Return every line below exactly, without dropping any.

*** ENTRIES SHOWN ***

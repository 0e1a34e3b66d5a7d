// The cases of document 01's section on the request program, run on the compiled library. Each file of data/ that the file
// `list` names is an input. It is run whole, and what it prints stands below its name and length; then in pieces of 1, 7
// and 64 bytes, each with room for 12, 13 and 100 bytes of output, and the last line of a case says how many of these nine
// ways printed the same. The list begins with long inputs: in each a part of the file comes again many times, and the
// pieces are of 64, 300 and 1,000 bytes. The file stdout holds what the papers say, and a check compares the two.
#![tactic(auto)]

mod host;

use cases::folder;
use host::{Again, Cut, Input};
use std::alloc::{AllocError, Global};
use std::io;
use std::rt::Files;

// The part of a long input, from `from` up to `to`, that comes `again` more times. It makes a long input of a short file.
#[derive(Clone, Copy)]
struct Part {
    from: usize,
    to: usize,
    again: usize,
}

// Of the long inputs, which begin the list.
const PARTS: [Part; 5] = [
    // two lines, 32,769 times
    Part {
        from: 70,
        to: 101,
        again: 32768,
    },
    // a byte behind two lines, a megabyte of it; and the same in the last line
    Part {
        from: 100,
        to: 101,
        again: 1048575,
    },
    Part {
        from: 100,
        to: 101,
        again: 1048575,
    },
    // the first byte
    Part {
        from: 0,
        to: 1,
        again: 1048575,
    },
    // the second line, 40,000 times
    Part {
        from: 5,
        to: 35,
        again: 39999,
    },
];

// How many bytes of an input are read, and of the list.
const MOST: usize = 65536;

const MOST_LISTED: usize = 4096;

// Room for the longest output: 65,534 lines.
const MOST_PRINTED: usize = 600000;

const WHOLE: Cut = Cut {
    piece: 65536,
    room: 65536,
};

const PIECES: [usize; 3] = [1, 7, 64];

const LONG_PIECES: [usize; 3] = [64, 300, 1000];

const ROOMS: [usize; 3] = [12, 13, 100];

// The text, with the part that comes again, if it is that long.
fn repeated<'a>(text: &'a [u8], part: &Part) -> Input<'a> {
    let (front, end) = text.split_at(part.to.min(text.len()));
    let again = text.get(part.from..part.to).unwrap_or(&[]);
    Input::new(front, again, part.again, end)
}

// How many ways of cutting the input print the same, up to the first that does not.
fn ways(
    alloc: Global,
    input: Input,
    pieces: &[usize; 3],
    whole: &[u8],
) -> Result<usize, AllocError> {
    let cuts = pieces.iter().flat_map(|&piece| ROOMS.iter().map(move |&room| Cut { piece, room }));
    for (same, cut) in cuts.enumerate() {
        let mut again = Again::new(whole);
        host::run(alloc, input, cut, &mut again)?;
        if !again.is_same() {
            return Ok(same);
        }
    }
    Ok(pieces.len() * ROOMS.len())
}

// A number that hangs on every byte of a text and on its place.
fn digest(text: &[u8]) -> u64 {
    text.iter()
        .fold(0, |d, byte| d % 4294967291 * 257 + u64::from(*byte))
}

// What was printed; of much, how many bytes it has, its digest, and its last 17 bytes.
fn show(rt: &impl Print, printed: &[u8]) -> io::Result<()> {
    let count = printed.len();
    if count <= 16384 {
        return rt.write_all(printed);
    }
    let number = digest(printed);
    println!(rt; "{count}\n{number}")?;
    rt.write_all(&printed[count - 17..])
}

// The case of the file of that name, and of the part of it that comes again. The file's length is told too: one that is
// missing has none.
fn case(
    rt: &(impl Print + Files + AllocGlobal),
    name: &[u8],
    part: Option<&Part>,
) -> io::Result<()> {
    let mut room = [0; MOST];
    let text = folder::read(rt, name, &mut room);
    let length = text.len();
    rt.write_all(name)?;
    println!(rt; ": {length}")?;
    let (input, pieces) = match part {
        Some(part) => (repeated(text, part), &LONG_PIECES),
        None => (Input::new(text, &[], 0, &[]), &PIECES),
    };
    let mut whole = Vec::with_capacity(rt.alloc(), MOST_PRINTED)?;
    host::run(rt.alloc(), input, WHOLE, &mut whole)?;
    show(rt, &whole)?;
    let same = ways(rt.alloc(), input, pieces, &whole)?;
    println!(rt; "same: {same}")
}

// The case of each line of the list.
fn main(rt: HostRuntime) -> io::Result<()> {
    let mut room = [0; MOST_LISTED];
    let list = folder::read(&rt, b"list", &mut room);
    let lines = list.split_inclusive(|byte| *byte == b'\n');
    for (k, line) in lines.enumerate() {
        let name = line.strip_suffix(b"\n").unwrap_or(line);
        case(&rt, name, PARTS.get(k))?;
    }
    Ok(())
}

*** End of ENTRIES SHOWN ***

== ANSWER SPACE ==
repository 0e1a34e3b66d5a7d
// The cases of document 01's section on the request program, run on the compiled library. Each file of data/ that the file
// `list` names is an input. It is run whole, and what it prints stands below its name and length; then in pieces of 1, 7
// and 64 bytes, each with room for 12, 13 and 100 bytes of output, and the last line of a case says how many of these nine
// ways printed the same. The list begins with long inputs: in each a part of the file comes again many times, and the
// pieces are of 64, 300 and 1,000 bytes. The file stdout holds what the papers say, and a check compares the two.
#![tactic(auto)]

mod host;

use cases::folder;
use host::{Again, Cut, Input};
use std::alloc::{AllocError, Global};
use std::io;
use std::rt::Files;

// The part of a long input, from `from` up to `to`, that comes `again` more times. It makes a long input of a short file.
#[derive(Clone, Copy)]
struct Part {
    from: usize,
    to: usize,
    again: usize,
}

// Of the long inputs, which begin the list.
const PARTS: [Part; 5] = [
    // two lines, 32,769 times
    Part {
        from: 70,
        to: 101,
        again: 32768,
    },
    // a byte behind two lines, a megabyte of it; and the same in the last line
    Part {
        from: 100,
        to: 101,
        again: 1048575,
    },
    Part {
        from: 100,
        to: 101,
        again: 1048575,
    },
    // the first byte
    Part {
        from: 0,
        to: 1,
        again: 1048575,
    },
    // the second line, 40,000 times
    Part {
        from: 5,
        to: 35,
        again: 39999,
    },
];

// How many bytes of an input are read, and of the list.
const MOST: usize = 65536;

const MOST_LISTED: usize = 4096;

// Room for the longest output: 65,534 lines.
const MOST_PRINTED: usize = 600000;

const WHOLE: Cut = Cut {
    piece: 65536,
    room: 65536,
};

const PIECES: [usize; 3] = [1, 7, 64];

const LONG_PIECES: [usize; 3] = [64, 300, 1000];

const ROOMS: [usize; 3] = [12, 13, 100];

// The text, with the part that comes again, if it is that long.
fn repeated<'a>(text: &'a [u8], part: &Part) -> Input<'a> {
    let (front, end) = text.split_at(part.to.min(text.len()));
    let again = text.get(part.from..part.to).unwrap_or(&[]);
    Input::new(front, again, part.again, end)
}

// How many ways of cutting the input print the same, up to the first that does not.
fn ways(
    alloc: Global,
    input: Input,
    pieces: &[usize; 3],
    whole: &[u8],
) -> Result<usize, AllocError> {
    let cuts = pieces.iter().flat_map(|&piece| ROOMS.iter().map(move |&room| Cut { piece, room }));
    for (same, cut) in cuts.enumerate() {
        let mut again = Again::new(whole);
        host::run(alloc, input, cut, &mut again)?;
        if !again.is_same() {
            return Ok(same);
        }
    }
    Ok(pieces.len() * ROOMS.len())
}

// A number that hangs on every byte of a text and on its place.
fn digest(text: &[u8]) -> u64 {
    text.iter()
        .fold(0, |d, byte| d % 4294967291 * 257 + u64::from(*byte))
}

// What was printed; of much, how many bytes it has, its digest, and its last 17 bytes.
fn show(rt: &impl Print, printed: &[u8]) -> io::Result<()> {
    let count = printed.len();
    if count <= 16384 {
        return rt.write_all(printed);
    }
    let number = digest(printed);
    println!(rt; "{count}\n{number}")?;
    rt.write_all(&printed[count - 17..])
}

// The case of the file of that name, and of the part of it that comes again. The file's length is told too: one that is
// missing has none.
fn case(
    rt: &(impl Print + Files + AllocGlobal),
    name: &[u8],
    part: Option<&Part>,
) -> io::Result<()> {
    let mut room = [0; MOST];
    let text = folder::read(rt, name, &mut room);
    let length = text.len();
    rt.write_all(name)?;
    println!(rt; ": {length}")?;
    let (input, pieces) = match part {
        Some(part) => (repeated(text, part), &LONG_PIECES),
        None => (Input::new(text, &[], 0, &[]), &PIECES),
    };
    let mut whole = Vec::with_capacity(rt.alloc(), MOST_PRINTED)?;
    host::run(rt.alloc(), input, WHOLE, &mut whole)?;
    show(rt, &whole)?;
    let same = ways(rt.alloc(), input, pieces, &whole)?;
    println!(rt; "same: {same}")
}

// The case of each line of the list.
fn main(rt: HostRuntime) -> io::Result<()> {
    let mut room = [0; MOST_LISTED];
    let list = folder::read(&rt, b"list", &mut room);
    let lines = list.split_inclusive(|byte| *byte == b'\n');
    for (k, line) in lines.enumerate() {
        let name = line.strip_suffix(b"\n").unwrap_or(line);
        case(&rt, name, PARTS.get(k))?;
    }
    Ok(())
}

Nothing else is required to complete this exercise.